* **Problem description**:
Please copy every line of the data in which the string "reference" appears.

* **Supplied entries**:
• • • •
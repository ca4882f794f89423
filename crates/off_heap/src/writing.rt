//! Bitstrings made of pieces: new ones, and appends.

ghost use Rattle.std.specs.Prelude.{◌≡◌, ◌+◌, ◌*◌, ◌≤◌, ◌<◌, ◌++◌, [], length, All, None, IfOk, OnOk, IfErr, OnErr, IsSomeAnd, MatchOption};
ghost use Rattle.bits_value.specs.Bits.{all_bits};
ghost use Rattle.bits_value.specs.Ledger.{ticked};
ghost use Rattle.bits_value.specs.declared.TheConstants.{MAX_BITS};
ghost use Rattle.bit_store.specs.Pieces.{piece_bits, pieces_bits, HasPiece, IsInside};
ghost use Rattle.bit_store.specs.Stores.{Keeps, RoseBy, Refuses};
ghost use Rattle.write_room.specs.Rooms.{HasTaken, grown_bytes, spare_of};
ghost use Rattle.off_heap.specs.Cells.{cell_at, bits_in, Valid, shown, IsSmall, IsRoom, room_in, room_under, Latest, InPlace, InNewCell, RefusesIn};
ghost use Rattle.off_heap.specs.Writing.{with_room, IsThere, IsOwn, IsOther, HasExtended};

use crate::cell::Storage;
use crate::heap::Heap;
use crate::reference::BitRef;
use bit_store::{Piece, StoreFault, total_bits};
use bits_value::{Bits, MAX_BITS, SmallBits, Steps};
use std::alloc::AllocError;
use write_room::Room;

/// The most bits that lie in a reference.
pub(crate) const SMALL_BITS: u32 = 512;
• • • •
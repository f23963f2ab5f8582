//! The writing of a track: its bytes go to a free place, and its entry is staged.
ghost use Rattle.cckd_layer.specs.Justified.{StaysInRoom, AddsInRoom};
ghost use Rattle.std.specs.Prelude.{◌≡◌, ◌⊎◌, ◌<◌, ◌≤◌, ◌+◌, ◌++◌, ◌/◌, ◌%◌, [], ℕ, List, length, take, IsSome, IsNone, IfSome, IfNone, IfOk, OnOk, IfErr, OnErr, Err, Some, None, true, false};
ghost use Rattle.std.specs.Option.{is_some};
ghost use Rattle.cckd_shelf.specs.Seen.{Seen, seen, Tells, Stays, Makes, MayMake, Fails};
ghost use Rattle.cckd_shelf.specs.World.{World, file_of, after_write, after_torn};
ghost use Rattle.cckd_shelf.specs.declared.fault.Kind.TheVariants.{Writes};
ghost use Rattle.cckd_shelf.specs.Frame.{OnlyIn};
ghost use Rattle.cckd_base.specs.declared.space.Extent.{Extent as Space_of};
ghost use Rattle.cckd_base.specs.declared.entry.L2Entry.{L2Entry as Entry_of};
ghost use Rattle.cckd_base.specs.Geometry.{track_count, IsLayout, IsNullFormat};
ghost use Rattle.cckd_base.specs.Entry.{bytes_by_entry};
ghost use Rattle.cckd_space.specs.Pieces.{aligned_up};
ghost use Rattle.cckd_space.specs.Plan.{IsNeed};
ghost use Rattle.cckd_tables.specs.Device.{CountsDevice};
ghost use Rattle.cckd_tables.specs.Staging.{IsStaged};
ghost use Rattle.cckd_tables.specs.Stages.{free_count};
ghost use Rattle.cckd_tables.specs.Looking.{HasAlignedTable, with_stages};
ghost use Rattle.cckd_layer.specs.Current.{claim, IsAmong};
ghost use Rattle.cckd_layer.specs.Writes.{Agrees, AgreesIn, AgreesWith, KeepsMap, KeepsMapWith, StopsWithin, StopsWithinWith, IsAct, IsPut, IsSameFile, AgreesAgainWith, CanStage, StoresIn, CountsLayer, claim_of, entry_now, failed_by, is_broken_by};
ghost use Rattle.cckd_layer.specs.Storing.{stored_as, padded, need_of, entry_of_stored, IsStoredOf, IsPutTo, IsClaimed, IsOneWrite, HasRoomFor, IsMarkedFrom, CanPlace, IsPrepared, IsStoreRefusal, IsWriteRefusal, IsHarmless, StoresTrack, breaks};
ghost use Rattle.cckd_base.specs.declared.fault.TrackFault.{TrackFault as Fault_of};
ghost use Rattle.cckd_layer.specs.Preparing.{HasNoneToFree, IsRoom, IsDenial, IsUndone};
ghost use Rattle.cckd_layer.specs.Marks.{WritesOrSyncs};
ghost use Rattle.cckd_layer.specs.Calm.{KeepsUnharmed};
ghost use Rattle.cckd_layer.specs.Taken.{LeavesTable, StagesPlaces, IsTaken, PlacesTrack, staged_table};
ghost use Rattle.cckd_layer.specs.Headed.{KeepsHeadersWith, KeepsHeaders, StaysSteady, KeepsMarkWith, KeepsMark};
• • • •
* **Result of this exercise**:
use crate::reference::BitRef;
/// The most bits that lie in a reference.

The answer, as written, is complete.